This is the NodeJS port of the Python version of PAL.
⚡ Features
- Modular Components: Break prompts into reusable, versioned components
- Template System: Powerful Nunjucks-based templating with variable injection
- Dependency Management: Import and compose components from local files or URLs
- LLM Integration: Built-in support for OpenAI, Anthropic, and custom providers
- Evaluation Framework: Comprehensive testing system for prompt validation
- Rich CLI: Beautiful command-line interface with syntax highlighting
- Flexible Extensions: Use
.pal/.pal.libor.yml/.lib.ymlextensions - Type Safety: Full TypeScript support with Zod validation for all schemas
- Observability: Structured logging and execution tracking
📦 Installation
# Install with npm
npm install -g pal-framework
# Or with yarn
yarn global add pal-framework
# Or with pnpm
pnpm add -g pal-framework📁 Project Structure
my_pal_project/
├── prompts/
│ ├── classify_intent.pal # or .yml for better IDE support
│ └── code_review.pal
├── libraries/
│ ├── behavioral_traits.pal.lib # or .lib.yml
│ ├── reasoning_strategies.pal.lib
│ └── output_formats.pal.lib
└── evaluation/
└── classify_intent.eval.yaml🚀 Quick Start
1. Create a Component Library
For a detailed guide, read this.
# libraries/traits.pal.lib
pal_version: "1.0"
library_id: "com.example.traits"
version: "1.0.0"
description: "Behavioral traits for AI agents"
type: "trait"
components:
- name: "helpful_assistant"
description: "A helpful and polite assistant"
content: |
You are a helpful, harmless, and honest AI assistant.

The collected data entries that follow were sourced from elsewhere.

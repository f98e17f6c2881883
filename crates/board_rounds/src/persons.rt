//! Competitors, and the rounds that one of them is in, in HTML.

ghost use Rattle.std.specs.Prelude.{◌≡◌, ◌<◌, ◌≤◌, ◌++◌, OnOk, IfOk, flat_map};
ghost use Rattle.board_rounds.specs.Persons.{attempts_words, competitor, round_cell, state_end};
ghost use Rattle.board_rounds.specs.{Persons.competitors, Persons.entry, model.Shown.entry_shown};
ghost use Rattle.board_rounds.specs.Persons.{people, next_competitor, person_of, person_start};
ghost use Rattle.round_words.specs.Words.{round_name, round_words};

use crate::cells::{attempt_text, place_text, push_cell, push_name, push_number, push_results};
use crate::rounds_shown::push_below;
use crate::shown::{BoardRound, shown_round};
use attempts::{NoMemory, Unit, Value};
use commands::Meet;
use formats::{Advance, Format, attempts_of, unit_of};
use markup::Piece::{Number, Text};
use markup::fill;
use round_words::{push_round_name, push_round_words, state_words};
use std::alloc::Global;
use texts::RoundId;

/// The greatest number of a competitor.
const LAST_NUMBER: u16 = 9_999;

/// What is above the lines of all competitors.
const PEOPLE: &[u8] = b"\
<section class=\"people\"><table><caption><h2>Competitors</h2></caption>
<thead><tr><th scope=\"col\">number</th><th scope=\"col\">name</th></tr></thead><tbody>
";

fn push_round_cell(out: &mut Vec<u8>, id: RoundId, advance: Advance) -> Result<(), NoMemory>
    ensures { OnOk result (out.new.items ≡ out.old.items
        ++ round_cell (round_name id) (round_words id advance)) }
{
    out.extend_from_slice(b"<tr><th scope=\"row\"><a href=\"/")?;
    push_round_name(out, id)?;
    out.extend_from_slice(b"\">")?;
    push_round_words(out, id, advance)?;
    out.extend_from_slice(b"</a></th>")?;
    Ok(())
}

/// The attempts of an entrant, one after the other.
fn attempts_text(
    alloc: Global,
    format: Format,
    values: &[Value],
    count: u8,
    unit: Unit,
) -> Result<Vec<u8>, NoMemory>
    ensures { IfOk result (λ text. text.items ≡ attempts_words unit format values.now count) }
{
    let mut text = Vec::new(alloc);
    for place in 0..count {
        let attempt = attempt_text(alloc, format, values, place as usize, unit)?;
        text.extend_from_slice(b" ")?;
        text.extend_from_slice(&attempt)?;
    }
    Ok(text)
}

fn push_state(out: &mut Vec<u8>, closed: bool, advance: Advance) -> Result<(), NoMemory>
    ensures { OnOk result (out.new.items ≡ out.old.items
        ++ state_end closed advance) }
{
    push_cell(out, state_words(closed, advance).as_bytes())?;
    out.extend_from_slice(b"</tr>\n")
}

/// Adds a round that a competitor is in.
fn push_shown_entry(out: &mut Vec<u8>, shown: BoardRound<'_>, number: u16) -> Result<(), NoMemory>
    ensures { OnOk result (out.new.items ≡ out.old.items ++ entry_shown shown.entry number) }
{
    let Some(row) = shown.table.row(number) else {
        return Ok(());
    };
    let alloc = *out.allocator();
    let format = shown.settings.format;
    let unit = unit_of(shown.id.event);
    let count = attempts_of(format);
    let place = place_text(alloc, row.place, row.values)?;
    let attempts = attempts_text(alloc, format, row.values, count, unit)?;
    let closed = shown.table.is_closed();
    push_round_cell(out, shown.id, shown.settings.advance)?;
    push_cell(out, &place)?;
    push_results(out, row.average, row.best, row.values, unit)?;
    push_cell(out, &attempts)?;
    push_state(out, closed, shown.settings.advance)?;
    Ok(())
}

fn push_entry(out: &mut Vec<u8>, meet: &Meet, number: u16, id: RoundId) -> Result<(), NoMemory>
    ensures { OnOk result (out.new.items ≡ out.old.items ++ entry meet.now.accepted number id) }
{
    let Some(shown) = shown_round(meet, id) else {
        return Ok(());
    };
    push_shown_entry(out, shown, number)
}

fn push_entries(
    out: &mut Vec<u8>,
    meet: &Meet,
    number: u16,
    ids: &[RoundId],
) -> Result<(), NoMemory>
    ensures { OnOk result (out.new.items ≡ out.old.items
        ++ flat_map (entry meet.now.accepted number) ids.now) }
{
    for id in ids {
        push_entry(out, meet, number, *id)?;
    }
    Ok(())
}

const START: &[u8] = b"\
<section class=\"person\"><table><caption><h2><bdi>$</bdi>, number $</h2></caption>
<thead><tr><th scope=\"col\">round</th><th scope=\"col\">place</th><th scope=\"col\">average</th>\
<th scope=\"col\">best</th><th scope=\"col\">attempts</th><th scope=\"col\">state</th></tr></thead>\
<tbody>
";

#[tactic(auto, unfolding(crate::specs::Persons::person_start))]
fn push_start(out: &mut Vec<u8>, number: u16, name: &[u8]) -> Result<(), NoMemory>
    ensures { OnOk result (out.new.items ≡ out.old.items ++ person_start number name.now) }
{
    fill(out, START, &[Text(name), Number(number as u64)])
}

/// Adds a competitor of a meet in HTML, as it is after this many commands: name and number, and
/// each of these rounds that the competitor is in, with the place, the results and how far the
/// round is. It adds nothing where the number is not registered.
///
/// # Errors
///
/// Where memory runs out. A front part may have been added then.
#[tactic(auto, unfolding(crate::specs::Persons::person))]
pub fn push_person(
    out: &mut Vec<u8>,
    meet: &Meet,
    position: u32,
    number: u16,
    ids: &[RoundId],
) -> Result<(), NoMemory>
    ensures { OnOk result (out.new.items ≡ out.old.items
        ++ person_of meet.now.accepted position number ids.now) }
{
    let Some(name) = meet.name(number) else {
        return Ok(());
    };
    push_start(out, number, name)?;
    push_entries(out, meet, number, ids)?;
    push_below(out, position)
}

fn push_competitor(out: &mut Vec<u8>, number: u16, name: &[u8]) -> Result<(), NoMemory>
    ensures { OnOk result (out.new.items ≡ out.old.items ++ competitor number name.now) }
{
    out.extend_from_slice(b"<tr>")?;
    push_number(out, number)?;
    push_name(out, number, name)?;
    out.extend_from_slice(b"</tr>\n")
}

/// Adds the competitor of the number after this one, where it is registered.
fn push_next_competitor(out: &mut Vec<u8>, meet: &Meet, number: u16) -> Result<(), NoMemory>
    requires { number < 9999 }
    ensures { OnOk result (out.new.items
        ≡ out.old.items ++ next_competitor meet.now.accepted number) }
{
    match meet.name(number + 1) {
        Some(name) => push_competitor(out, number + 1, name),
        None => Ok(()),
    }
}

/// Adds the competitors whose numbers are up to this one.
#[tactic(auto, unfolding(crate::specs::Persons::competitors))]
fn push_competitors(out: &mut Vec<u8>, meet: &Meet, last: u16) -> Result<(), NoMemory>
    requires { last ≤ 9999 }
    ensures { OnOk result (out.new.items
        ≡ out.old.items ++ competitors meet.now.accepted last) }
{
    for number in 0..last {
        push_next_competitor(out, meet, number)?;
    }
    Ok(())
}

/// Adds all competitors of a meet in HTML, as it is after this many commands, in order of their
/// numbers: each number and name, which is a link to the competitor's own page, `/person/17`.
///
/// # Errors
///
/// Where memory runs out. A front part may have been added then.
#[tactic(auto, unfolding(crate::specs::Persons::people))]
pub fn push_people(out: &mut Vec<u8>, meet: &Meet, position: u32) -> Result<(), NoMemory>
    ensures { OnOk result (out.new.items ≡ out.old.items ++ people meet.now.accepted position) }
{
    out.extend_from_slice(PEOPLE)?;
    push_competitors(out, meet, LAST_NUMBER)?;
    push_below(out, position)
}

You provide
accurate information while being respectful and considerate.2. Create a Prompt Assembly
For a detailed guide, read this.
# prompts/classify_intent.pal
pal_version: "1.0"
id: "classify-user-intent"
version: "1.0.0"
description: "Classifies user queries into intent categories"
imports:
traits: "./libraries/traits.pal.lib"
variables:
- name: "user_query"
type: "string"
description: "The user's input query"
- name: "available_intents"
type: "list"
description: "List of available intent categories"
composition:
- "{{ traits.helpful_assistant }}"
- ""
- "## Task"
- "Classify this user query into one of the available intents:"
- ""
- "**Available Intents:**"
- "{% for intent in available_intents %}"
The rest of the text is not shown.